Sunday, June 29, 2008

Roman Bodies. Antiquity to the Eighteenth Century


While I was researching other works published by The British School in Rome, I came across a listing for this fascinating-sounding book, Roman Bodies. Antiquity to the Eighteenth Century, edited by Andrew Hopkins and Maria Wyke:

"
The seventeen wide-ranging and interdisciplinary essays explore dramatic changes in Western conceptions of the body. Divided into three sections, ‘Empire’, ‘Church’ and ‘Religion and science’, topics discussed include gender, sexuality, social and political identity, health and sickness, the body in death and after, and corporeal aesthetics.

[1] The body of Rome: introduction, Maria Wyke and Andrew Hopkins; [2] Archetypally Roman?
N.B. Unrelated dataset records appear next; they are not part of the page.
/// Reads both ends, takes up what came, and asks for the connection upstream.
fn take_in<P: Ports, R: Relay, K: Sink, T: Recorder>(
    alloc: Global,
    setup: &R::Setup,
    ports: &mut P,
    report: &mut K,
    recorder: &mut T,
    tally: &mut Tally,
    live: &mut Live<R>,
    room: &mut [u8],
) -> Result<(), SinkFault>
    requires known { live.old.number < P.pairs ports.old }
    requires open { EndsAre live.old.number live.old.sides (P.ends ports.old) }
    requires room { IsReadRoom room.old }
    ensures ends { KeepsEnds live.old live.new (P.ends ports.old) (P.ends ports.new) }
    ensures has { has_end live.old.sides ≡ true → has_end live.new.sides ≡ true }
    ensures ports { KeepsPorts ⟦<P as Ports>⟧ ports.old ports.new }
    ensures out { CountsFaults K.faults (result ≡ Err SinkFault.Out) report.old report.new }
    ensures tape { CountsFaults T.faults (result ≡ Err SinkFault.Capture)
        recorder.old recorder.new }
    ensures count { CountsOnce R.out_of_memory live.old live.new tally.old tally.new }
    ensures log { Extends (P.log ports.old) (P.log ports.new)
        (PartEffect (R.words setup.now) (R.represents setup.now) (Reading Up)
        (Writing Lap.ToUp 0) result
        (state live.old tally.old (K.held report.old) (T.held recorder.old))
        (state live.new tally.new (K.held report.new) (T.held recorder.new))) }
{
    match listen_both(alloc, setup, ports, report, recorder, tally, live, room) {
        Ok(()) => settle_and_connect(alloc, setup, ports, report, recorder, tally, live),
        Err(fault) => Err(fault),
    }
}

/// A pair's part of a turn before its ends are shut.
fn exchange<P: Ports, R: Relay, K: Sink, T: Recorder>(
    alloc: Global,
    setup: &R::Setup,
    ports: &mut P,
    report: &mut K,
    recorder: &mut T,
    tally: &mut Tally,
    live: &mut Live<R>,
    room: &mut [u8],
) -> Result<(), SinkFault>
    requires known { live.old.number < P.pairs ports.old }
    requires open { EndsAre live.old.number live.old.sides (P.ends ports.old) }
    requires room { IsReadRoom room.old }
    ensures ends { KeepsEnds live.old live.new (P.ends ports.old) (P.ends ports.new) }
    ensures has { has_end live.old.sides ≡ true → has_end live.new.sides ≡ true }
    ensures ports { KeepsPorts ⟦<P as Ports>⟧ ports.old ports.new }
    ensures out { CountsFaults K.faults (result ≡ Err SinkFault.Out) report.old report.new }
    ensures tape { CountsFaults T.faults (result ≡ Err SinkFault.Capture)
        recorder.old recorder.new }
    ensures count { CountsOnce R.out_of_memory live.old live.new tally.old tally.new }
    ensures log { Extends (P.log ports.old) (P.log ports.new)
        (PartEffect (R.words setup.now) (R.represents setup.now) (Reading Up) (Shutting Up) result
        (state live.old tally.old (K.held report.old) (T.held recorder.old))
        (state live.new tally.new (K.held report.new) (T.held recorder.new))) }
{
    match take_in(alloc, setup, ports, report, recorder, tally, live, room) {
        Ok(()) => write_both(alloc, setup, ports, report, recorder, tally, live),
        Err(fault) => Err(fault),
    }
}

/// Shuts an end, if that is due.
fn shut_end<P: Ports, R: Relay, K: Sink, T: Recorder>(
    ports: &mut P,
    report: &mut K,
    recorder: &mut T,
    tally: &mut Tally,
    live: &mut Live<R>,
    end: End,
) -> Result<(), SinkFault>
    requires open { EndsAre live.old.number live.old.sides (P.ends ports.old) }
    ensures ends { KeepsEnds live.old live.new (P.ends ports.old) (P.ends ports.new) }
    ensures ports { KeepsPorts ⟦<P as Ports>⟧ ports.old ports.new }
    ensures out { CountsFaults K.faults (result ≡ Err SinkFault.Out) report.old report.new }
    ensures tape { CountsFaults T.faults (result ≡ Err SinkFault.Capture)
        recorder.old recorder.new }
    ensures count { CountsOnce R.out_of_memory live.old live.new tally.old tally.new }
    ensures log { (s : R.Setup) → Extends (P.log ports.old) (P.log ports.new)
        (ShutEffect (R.words s) (R.represents s) (Shutting end) (later (Shutting end)) result
        (state live.old tally.old (K.held report.old) (T.held recorder.old))
        (state live.new tally.new (K.held report.new) (T.held recorder.new))) }
{
    if !live.is_shut(end) {
        return Ok(());
    }
    ports.shut(live.number, end);
    let call = Call::Shut {
        pair: live.number,
        end,
    };
    let kept = recorder.record(call, &[]);
    live.lose(end, Loss::Shut);
    tally.note(true, false);
    both(tell_shut(report, live), kept)
}

/// Shuts the ends where that is due, upstream first.
fn shut_both<P: Ports, R: Relay, K: Sink, T: Recorder>(
    ports: &mut P,
    report: &mut K,
    recorder: &mut T,
    tally: &mut Tally,
    live: &mut Live<R>,
) -> Result<(), SinkFault>
    requires open { EndsAre live.old.number live.old.sides (P.ends ports.old) }
    ensures ends { KeepsEnds live.old live.new (P.ends ports.old) (P.ends ports.new) }
    ensures ports { KeepsPorts ⟦<P as Ports>⟧ ports.old ports.new }
    ensures out { CountsFaults K.faults (result ≡ Err SinkFault.Out) report.old report.new }
    ensures tape { CountsFaults T.faults (result ≡ Err SinkFault.Capture)
        recorder.old recorder.new }
    ensures count { CountsOnce R.out_of_memory live.old live.new tally.old tally.new }
    ensures log { (s : R.Setup) → Extends (P.log ports.old) (P.log ports.new)
        (ShutEffect (R.words s) (R.represents s) (Shutting Up) Past result
        (state live.old tally.old (K.held report.old) (T.held recorder.old))
        (state live.new tally.new (K.held report.new) (T.held recorder.new))) }
{
    match shut_end(ports, report, recorder, tally, live, End::Up) {
        Ok(()) if live.sides.has_end() => {
            shut_end(ports, report, recorder, tally, live, End::Client)
        }
        Ok(()) => Ok(()),
        Err(fault) => Err(fault),
    }
}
Representing Seneca’s ageing body, Catharine Edwards; [3] Circumcision, de-circumcision and self-image: Celsus’s ‘operation on the penis’, Ralph Jackson; [4] A Roman perspective on circumcision, Pierre Cordier; [5] In the foreskin of your flesh’: the pure male body in late antiquity, Gillian Clark; [6] Headhunters of the Roman army, Nic Fields; [7] Execution in effigy: severed heads and decapitated statues in Imperial Rome, Eric R. Varner; [8] Disabled bodies: the (mis)representation of the lame in antiquity and their reappearance in early Christian and medieval art, Livio Pestilli; [9]Truth, perception and the pagan body in the Roman martyr narratives, Kristina Sessa; [10] The paradoxical body of Saint Agnes, Lucy Grig; [11] The relic translations of Paschal I: transforming city and cult, Caroline Goodson; [12] Majesty and mortality: attitudes towards the corpse in papal funeral ceremonies, Minou Schraven; [13] A theatre of cruelty and forgiveness: dissection, institutions and the moral discourse of anatomy in sixteenth-century Rome, Andrea Carlino; [14] Not torments, but delights: Antonio Gallonio’s Trattato de gli instrumenti di martirio of 1591 and its illustrations, Opher Mansour; [15] Ancient bodies and contested identities in the English College martyrdom cycle, Rome, Richard L. Williams; [16] Secrets of the heart: the role of saintly bodies in the medical discourse of Counter-Reformation Rome, Catrien Santing; [17] Contesting the Sacred Heart of Jesus in late eighteenth-century Rome, Jon L. Seydl."

I thought the sections on executions in effigy and the decapitation of statues in Roman art as well as the discussion of the misrepresentation of the disabled in antiquity sounded particularly interesting.